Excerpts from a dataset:
______________________________
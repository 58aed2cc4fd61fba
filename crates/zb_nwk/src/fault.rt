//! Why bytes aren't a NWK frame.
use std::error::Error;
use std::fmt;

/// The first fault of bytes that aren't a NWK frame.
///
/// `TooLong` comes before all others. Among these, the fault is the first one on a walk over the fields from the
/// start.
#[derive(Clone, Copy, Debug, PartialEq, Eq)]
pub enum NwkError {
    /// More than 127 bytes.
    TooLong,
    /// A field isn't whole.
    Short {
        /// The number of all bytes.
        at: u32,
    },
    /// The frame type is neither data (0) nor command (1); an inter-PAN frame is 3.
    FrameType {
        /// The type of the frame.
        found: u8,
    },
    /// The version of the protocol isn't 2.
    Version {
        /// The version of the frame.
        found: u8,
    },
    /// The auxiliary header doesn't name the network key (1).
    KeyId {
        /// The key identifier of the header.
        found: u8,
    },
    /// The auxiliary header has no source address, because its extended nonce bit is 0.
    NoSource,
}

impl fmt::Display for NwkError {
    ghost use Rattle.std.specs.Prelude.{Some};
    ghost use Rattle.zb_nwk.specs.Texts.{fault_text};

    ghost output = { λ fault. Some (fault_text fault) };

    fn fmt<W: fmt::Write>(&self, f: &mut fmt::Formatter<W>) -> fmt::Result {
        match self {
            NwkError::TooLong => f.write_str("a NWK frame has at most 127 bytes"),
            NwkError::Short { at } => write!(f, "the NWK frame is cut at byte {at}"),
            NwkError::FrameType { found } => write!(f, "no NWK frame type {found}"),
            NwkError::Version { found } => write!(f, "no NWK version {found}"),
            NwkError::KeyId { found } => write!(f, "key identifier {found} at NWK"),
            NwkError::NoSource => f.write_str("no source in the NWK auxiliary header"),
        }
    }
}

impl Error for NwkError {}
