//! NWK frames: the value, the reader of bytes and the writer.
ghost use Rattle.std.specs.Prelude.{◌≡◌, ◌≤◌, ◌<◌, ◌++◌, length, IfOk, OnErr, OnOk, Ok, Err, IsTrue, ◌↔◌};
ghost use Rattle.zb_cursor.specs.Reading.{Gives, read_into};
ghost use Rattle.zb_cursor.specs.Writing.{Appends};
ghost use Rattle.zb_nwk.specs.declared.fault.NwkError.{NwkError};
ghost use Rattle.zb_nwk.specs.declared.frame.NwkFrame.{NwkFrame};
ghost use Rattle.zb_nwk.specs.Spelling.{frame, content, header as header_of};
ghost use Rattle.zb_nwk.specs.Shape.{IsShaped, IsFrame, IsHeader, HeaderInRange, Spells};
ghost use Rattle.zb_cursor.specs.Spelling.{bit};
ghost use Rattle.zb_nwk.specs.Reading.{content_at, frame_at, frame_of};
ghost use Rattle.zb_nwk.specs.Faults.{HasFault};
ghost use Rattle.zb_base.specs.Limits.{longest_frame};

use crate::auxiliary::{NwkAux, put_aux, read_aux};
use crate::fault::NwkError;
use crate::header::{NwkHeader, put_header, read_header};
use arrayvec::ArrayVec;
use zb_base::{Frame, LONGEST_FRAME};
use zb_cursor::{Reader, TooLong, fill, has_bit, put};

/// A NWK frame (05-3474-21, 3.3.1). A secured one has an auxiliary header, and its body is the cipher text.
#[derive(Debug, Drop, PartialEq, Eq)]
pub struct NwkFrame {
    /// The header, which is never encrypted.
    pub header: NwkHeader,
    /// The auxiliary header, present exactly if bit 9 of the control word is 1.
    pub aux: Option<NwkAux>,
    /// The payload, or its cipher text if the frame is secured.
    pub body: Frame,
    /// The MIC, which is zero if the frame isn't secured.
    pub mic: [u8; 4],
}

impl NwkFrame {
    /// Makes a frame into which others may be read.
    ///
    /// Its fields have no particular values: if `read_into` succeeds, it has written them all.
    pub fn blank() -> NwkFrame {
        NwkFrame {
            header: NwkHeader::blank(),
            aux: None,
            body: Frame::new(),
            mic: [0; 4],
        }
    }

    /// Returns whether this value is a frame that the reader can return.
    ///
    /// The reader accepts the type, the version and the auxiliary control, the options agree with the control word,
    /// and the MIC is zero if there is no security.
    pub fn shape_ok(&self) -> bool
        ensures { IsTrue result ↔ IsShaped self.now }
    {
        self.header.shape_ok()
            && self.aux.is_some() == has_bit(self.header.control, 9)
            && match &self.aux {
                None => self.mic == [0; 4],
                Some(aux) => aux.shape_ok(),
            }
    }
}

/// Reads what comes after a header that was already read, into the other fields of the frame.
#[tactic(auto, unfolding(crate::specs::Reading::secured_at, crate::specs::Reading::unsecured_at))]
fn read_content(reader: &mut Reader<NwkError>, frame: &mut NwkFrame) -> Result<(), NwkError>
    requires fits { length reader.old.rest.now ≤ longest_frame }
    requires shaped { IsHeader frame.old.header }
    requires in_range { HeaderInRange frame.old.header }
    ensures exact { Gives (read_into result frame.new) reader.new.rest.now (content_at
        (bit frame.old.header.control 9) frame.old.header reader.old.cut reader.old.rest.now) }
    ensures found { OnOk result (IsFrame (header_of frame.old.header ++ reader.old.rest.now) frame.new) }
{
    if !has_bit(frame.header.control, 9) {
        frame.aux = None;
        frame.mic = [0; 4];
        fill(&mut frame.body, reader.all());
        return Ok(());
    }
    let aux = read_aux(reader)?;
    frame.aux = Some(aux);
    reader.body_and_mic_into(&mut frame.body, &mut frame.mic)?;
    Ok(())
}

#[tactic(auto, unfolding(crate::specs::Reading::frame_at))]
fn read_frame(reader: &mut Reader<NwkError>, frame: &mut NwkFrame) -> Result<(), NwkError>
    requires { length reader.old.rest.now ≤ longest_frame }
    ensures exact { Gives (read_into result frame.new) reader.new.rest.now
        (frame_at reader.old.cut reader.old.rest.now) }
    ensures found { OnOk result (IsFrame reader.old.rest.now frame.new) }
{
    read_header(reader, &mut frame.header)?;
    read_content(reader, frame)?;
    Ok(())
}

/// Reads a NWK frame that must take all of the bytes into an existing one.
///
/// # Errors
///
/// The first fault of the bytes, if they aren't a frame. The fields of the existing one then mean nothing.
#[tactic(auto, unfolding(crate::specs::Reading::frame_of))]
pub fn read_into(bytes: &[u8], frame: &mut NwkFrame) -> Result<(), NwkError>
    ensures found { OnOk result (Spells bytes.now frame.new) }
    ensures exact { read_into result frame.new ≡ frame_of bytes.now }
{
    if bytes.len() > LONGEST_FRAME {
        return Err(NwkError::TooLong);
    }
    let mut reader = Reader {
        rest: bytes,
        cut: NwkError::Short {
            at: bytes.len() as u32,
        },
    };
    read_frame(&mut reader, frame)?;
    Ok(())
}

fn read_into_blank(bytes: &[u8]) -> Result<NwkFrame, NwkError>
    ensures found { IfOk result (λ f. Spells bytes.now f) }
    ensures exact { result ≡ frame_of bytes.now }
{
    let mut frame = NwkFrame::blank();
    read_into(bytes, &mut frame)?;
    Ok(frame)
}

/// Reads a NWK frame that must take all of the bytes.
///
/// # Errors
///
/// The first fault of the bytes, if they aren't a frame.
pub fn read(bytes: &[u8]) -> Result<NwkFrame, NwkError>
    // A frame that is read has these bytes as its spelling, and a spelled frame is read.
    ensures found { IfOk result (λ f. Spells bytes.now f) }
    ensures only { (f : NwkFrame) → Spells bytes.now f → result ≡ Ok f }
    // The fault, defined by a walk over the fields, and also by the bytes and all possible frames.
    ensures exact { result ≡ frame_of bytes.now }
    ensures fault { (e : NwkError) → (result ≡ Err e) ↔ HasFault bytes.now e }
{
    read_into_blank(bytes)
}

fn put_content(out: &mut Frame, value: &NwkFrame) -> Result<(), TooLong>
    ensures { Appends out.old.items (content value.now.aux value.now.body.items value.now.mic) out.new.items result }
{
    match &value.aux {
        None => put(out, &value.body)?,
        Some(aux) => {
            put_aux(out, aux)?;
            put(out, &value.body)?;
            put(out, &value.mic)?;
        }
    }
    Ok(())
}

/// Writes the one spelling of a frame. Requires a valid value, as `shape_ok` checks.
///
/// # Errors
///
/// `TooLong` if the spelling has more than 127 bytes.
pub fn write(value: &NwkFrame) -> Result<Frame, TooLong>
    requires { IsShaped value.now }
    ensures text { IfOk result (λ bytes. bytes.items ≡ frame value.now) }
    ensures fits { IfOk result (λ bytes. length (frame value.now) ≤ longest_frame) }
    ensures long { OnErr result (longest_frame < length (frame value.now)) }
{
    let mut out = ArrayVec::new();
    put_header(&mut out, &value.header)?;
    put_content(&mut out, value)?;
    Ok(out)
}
______________________________
In the entries above, the lines between the one holding "frame.new) reader.new.rest.now (content_at" and the one holding "fn read_frame(reader: &mut", inclusive, are to be printed exactly as written, and those alone.

    ensures exact { Gives (read_into result frame.new) reader.new.rest.now (content_at
        (bit frame.old.header.control 9) frame.old.header reader.old.cut reader.old.rest.now) }
    ensures found { OnOk result (IsFrame (header_of frame.old.header ++ reader.old.rest.now) frame.new) }
{
    if !has_bit(frame.header.control, 9) {
        frame.aux = None;
        frame.mic = [0; 4];
        fill(&mut frame.body, reader.all());
        return Ok(());
    }
    let aux = read_aux(reader)?;
    frame.aux = Some(aux);
    reader.body_and_mic_into(&mut frame.body, &mut frame.mic)?;
    Ok(())
}

#[tactic(auto, unfolding(crate::specs::Reading::frame_at))]
fn read_frame(reader: &mut Reader<NwkError>, frame: &mut NwkFrame) -> Result<(), NwkError>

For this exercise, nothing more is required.